14:00 - 16:12
Tre-O2
Chair/s:
Rudolf Stadler, Ramon M Pujol
Treatment efficacy for Sézary Syndrome: an international, multi-centre, comparative study of current systemic therapies
Oral presentation
Belinda A Campbell
(Department of Radiation Oncology, Peter MacCallum Cancer Centre, Melbourne | Sir Peter MacCallum Department of Oncology, University of Melbourne, Parkville | Department of Clinical Pathology, University of Melbourne, Parkville)

Background

Despite increasing availability of therapeutic agents, Sezary Syndrome (SS) remains associated with a generally poor prognosis. Typically, patients endure multi-line treatment, frequently with disappointingly short durations of clinical benefit.
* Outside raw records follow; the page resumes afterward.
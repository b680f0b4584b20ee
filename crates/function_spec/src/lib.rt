//! The functions of a query's conditions, and what they mean.
#![tactic(auto)]

/// A function that computes values from values.
#[derive(Clone, Copy, Debug, PartialEq, Eq)]
pub enum Function {
    Lower,
    Upper,
    Fold,
    Slug,
    Trim,
    First,
    Last,
    Rest,
    Before,
    After,
    Replace,
    Join,
    Length,
    Number,
    Decimal,
    Plus,
    Minus,
    Times,
    Div,
    Mod,
    Split,
}
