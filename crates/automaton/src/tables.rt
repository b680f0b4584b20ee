// The tables of an expression, and what they answer.

ghost use Rattle.std.specs.Prelude.{◌≡◌, ℕ, ◌<◌, ◌≤◌, ◌↔◌, IsTrue, length, vec_len, IfOk, slice_get};
ghost use Rattle.std.specs.Option.{option_copied};
ghost use Rattle.rpe.specs.Regex.{Word};
ghost use Rattle.rpe.specs.Language.{InLanguage, positions};
ghost use Rattle.rpe.specs.Reading.{regex_of};
ghost use Rattle.automaton.specs.PositionSet.{Has};
ghost use Rattle.automaton.specs.Positions.{Fits, ReadsIn};
ghost use Rattle.automaton.specs.Table.{row, HasWord, StandsFor};

use crate::build::{add, count_positions, transposed};
use crate::position_set::{MAX_POSITIONS, PositionSet};
use rpe::Rpe;
use sd_value::{NoMemory, Str};
use std::alloc::Global;
use std::marker::Model;

/// The tables of a path expression. Positions are numbered from 0, from the left.
#[derive(Debug)]
pub struct Automaton {
    letters: Vec<Option<Str>>,
    has_empty: bool,
    first: PositionSet,
    last: PositionSet,
    next: Vec<PositionSet>,
    // The same turned around: for each position those that it may follow.
    previous: Vec<PositionSet>,
}

// Written out, so that it is proved here once, and not again in each crate that drops one.
impl Drop for Automaton {
    fn drop(self) {
        let Automaton {
            letters: _letters,
            has_empty: _has_empty,
            first: _first,
            last: _last,
            next: _next,
            previous: _previous,
        } = self;
    }
}

impl Model for Automaton {
    ghost use Rattle.std.specs.Prelude.{◌≡◌, ◌≤◌, length};
    ghost use Rattle.automaton.specs.Table.{Table, IsTurned};

    ghost Value = { Table };

    ghost view = { λ a. record {
      letters = a.letters.items;
      has_empty = a.has_empty;
      first = a.first;
      last = a.last;
      next = a.next.items;
    } };

    ghost invariant = { λ a. (length a.next.items ≡ length a.letters.items)
        × (length a.previous.items ≡ length a.letters.items)
        × (length a.letters.items ≤ 256) × IsTurned a.next.items a.previous.items };
}

/// Why an expression has no automaton.
#[derive(Clone, Copy, Debug, PartialEq, Eq)]
pub enum RpeRefusal {
    /// Labels and wildcards together are in it more than 256 times.
    TooManyPositions,
    /// Out of memory.
    NoMemory,
}

// Whether the label may be where the letter is.
fn fits(letter: &Option<Str>, label: &Str) -> bool
    ensures { IsTrue result ↔ Fits letter.now label.now }
{
    match letter {
        None => true,
        Some(k) => k.bytes() == label.bytes(),
    }
}

// The union of the rows at the positions of the set.
fn union_of(rows: &Vec<PositionSet>, set: &PositionSet) -> PositionSet
    requires { vec_len rows.now ≤ 256 }
    ensures { (q : ℕ) → Has result q ↔ ((p : ℕ) × Has set.now p × Has (row rows.now.items p) q) }
{
    let mut union = PositionSet::new();
    for p in 0..rows.len() {
        if set.contains(p as u32) {
            union.add_all(&rows[p]);
        }
    }
    union
}

impl Automaton {
    /// The automaton whose words are those of the expression. An expression in which labels and wildcards together are
    /// more than 256 times is refused, before any memory is asked for.
    pub fn of(alloc: Global, expression: &Rpe) -> Result<Automaton, RpeRefusal>
        ensures words { IfOk result
            (λ a. (w : Word) → HasWord a w ↔ InLanguage (regex_of expression.now) w) }
        ensures positions { IfOk result
            (λ a. length a.letters ≡ positions (regex_of expression.now)) }
        ensures too_many { (result ≡ Err RpeRefusal.TooManyPositions)
            ↔ (256 < positions (regex_of expression.now)) }
    {
        if count_positions(expression) > MAX_POSITIONS {
            return Err(RpeRefusal::TooManyPositions);
        }
        match Automaton::build(alloc, expression) {
            Ok(automaton) => Ok(automaton),
            Err(NoMemory) => Err(RpeRefusal::NoMemory),
        }
    }

    // The automaton of an expression with few enough positions.
    fn build(alloc: Global, expression: &Rpe) -> Result<Automaton, NoMemory>
        requires { positions (regex_of expression.now) ≤ 256 }
        ensures { IfOk result (λ a. StandsFor a (regex_of expression.now)) }
    {
        let mut letters = Vec::new(alloc);
        let mut next = Vec::new(alloc);
        let ends = add(alloc, expression, &mut letters, &mut next)?;
        let previous = transposed(alloc, &next)?;
        Ok(Automaton {
            letters,
            has_empty: ends.has_empty,
            first: ends.first,
            last: ends.last,
            next,
            previous,
        })
    }

    /// The number of positions.
    pub fn positions(&self) -> u32
        ensures value { result ≡ length self.now.letters }
        ensures bound { result ≤ 256 }
    {
        self.letters.len() as u32
    }

    /// Whether the empty word is one of the automaton's.
    pub fn has_empty(&self) -> bool
        ensures { result ≡ self.now.has_empty }
    {
        self.has_empty
    }

    /// Whether a word may begin at the position.
    pub fn first(&self, p: u32) -> bool
        requires { p < length self.now.letters }
        ensures { IsTrue result ↔ Has self.now.first p }
    {
        let _letters = &self.letters;
        self.first.contains(p)
    }

    /// Whether a word may end at the position.
    pub fn last(&self, p: u32) -> bool
        requires { p < length self.now.letters }
        ensures { IsTrue result ↔ Has self.now.last p }
    {
        let _letters = &self.letters;
        self.last.contains(p)
    }

    /// Whether `q` may be right after `p`.
    pub fn follows(&self, p: u32, q: u32) -> bool
        requires p { p < length self.now.letters }
        requires q { q < length self.now.letters }
        ensures { IsTrue result ↔ Has (row self.now.next p) q }
    {
        self.next[p as usize].contains(q)
    }

    /// The label at the position, or none for a wildcard.
    pub fn letter(&self, p: u32) -> Option<&Str>
        requires { p < length self.now.letters }
        ensures { slice_get self.now.letters p ≡ Some (option_copied result) }
    {
        self.letters[p as usize].as_ref()
    }

    /// Whether the word is one of the automaton's.
    pub fn accepts(&self, word: &[Str]) -> bool
        ensures { IsTrue result ↔ HasWord self.now word.now }
    {
        if word.is_empty() {
            return self.has_empty;
        }
        let mut current = self.reading(&self.begins(), &word[0]);
        for k in 1..word.len() {
            let reach = self.after(&current);
            current = self.reading(&reach, &word[k]);
        }
        current.meets(&self.last)
    }

    /// The positions at which a word may begin.
    pub fn begins(&self) -> PositionSet
        ensures { result ≡ self.now.first }
    {
        self.first
    }

    /// The positions at which a word may end.
    pub fn endings(&self) -> PositionSet
        ensures { result ≡ self.now.last }
    {
        self.last
    }

    /// Whether a word may begin at one of the positions.
    pub fn starts(&self, set: &PositionSet) -> bool
        ensures { IsTrue result ↔ ((p : ℕ) × Has set.now p × Has self.now.first p) }
    {
        set.meets(&self.first)
    }

    /// Whether a word may end at one of the positions.
    pub fn ends(&self, set: &PositionSet) -> bool
        ensures { IsTrue result ↔ ((p : ℕ) × Has set.now p × Has self.now.last p) }
    {
        set.meets(&self.last)
    }

    /// The positions that may be right after one of the set.
    pub fn after(&self, set: &PositionSet) -> PositionSet
        ensures { (q : ℕ) → Has result q ↔ ((p : ℕ) × Has set.now p × Has (row self.now.next p) q) }
    {
        union_of(&self.next, set)
    }

    /// The positions that may be right before one of the set.
    pub fn before(&self, set: &PositionSet) -> PositionSet
        ensures { (p : ℕ) → Has result p ↔ ((q : ℕ) × Has set.now q × Has (row self.now.next p) q) }
    {
        union_of(&self.previous, set)
    }

    /// The positions of the set at which the label may be.
    pub fn reading(&self, set: &PositionSet, label: &Str) -> PositionSet
        ensures { (q : ℕ) → Has result q ↔ (Has set.now q × ReadsIn self.now.letters q label.now) }
    {
        let mut kept = PositionSet::new();
        for p in 0..self.letters.len() {
            if set.contains(p as u32) && fits(&self.letters[p], label) {
                kept.insert(p as u32);
            }
        }
        kept
    }
}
Time to next treatment (TTNT) measures the interval from the date of commencement of one therapy to the date of initiation of the next line of therapy, and provides a simple and reliable surrogate for duration of clinical benefit outside of clinical trials.(1) In this multi-centre collaborative study, we review the clinical outcomes of patients with SS/ mycosis fungoides (MF) with B1-2 blood involvement, and compare the treatment efficacy of the currently available systemic therapies using TTNT.

Methods

In this retrospective analysis, eligible patients were identified from University Hospital Birmingham, Birmingham, Peter MacCallum Cancer Centre, Melbourne, and Hôpital Saint Louis, Paris. Strict eligibility required biopsy-proven MF/SS, with B1-2 blood involvement, newly diagnosed during 1/1/2012-31/12/2020. Studied treatment groups include monotherapy and combination therapies of interferon, methotrexate, ECP, HDAC inhibitors, retinoids, monoclonal antibodies, biologicals, chemotherapy, allogeneic stem cell transplant, and best supportive care. The primary endpoint was TTNT, with the aim to compare the efficacy of these systemic therapies.

Results

178 patients were eligible. 77 (43%) were female, median age was 66 (17-94) years. At diagnosis, 35 (20%) patients had Stage IIIB, 131 (74%) Stage IVA and 12 (7%) Stage IVB MF/SS. Large cell transformation was present in 35 (20%) patients at time of diagnosis. A total of 802 treatment lines were delivered, of which 711 were systemic therapies and were included for analysis. Of the 178 patients, 168 received systemic therapy first-line: the most commonly delivered first-line systemic treatments were ECP-containing regimens in 42 (25%) patients (ECP-monotherapy, 17, ECP-based combination therapy, 25), retinoid monotherapy in 34 (19%), interferon monotherapy in 25 (14%) and methotrexate monotherapy in 25 (14%) patients. TTNT and overall survival data will be presented.

Conclusions

As a surrogate for duration of clinical benefit, TTNT is a useful endpoint to retrospectively compare the treatment efficacy of currently available systemic therapies for SS/MF with B1-2 blood involvement. Long-term disease control with durable clinical benefit remains the ultimate goal for patients with SS/MF with blood involvement.

(1) Campbell B, Scarisbrick JJ, Kim Y, Wilcoxe R, McCormack C, Prince HM. Time to next treatment as a meaningful endpoint for trials of primary cutaneous lymphoma. Cancers (Basel). 2020 Aug 17;12(8):2311.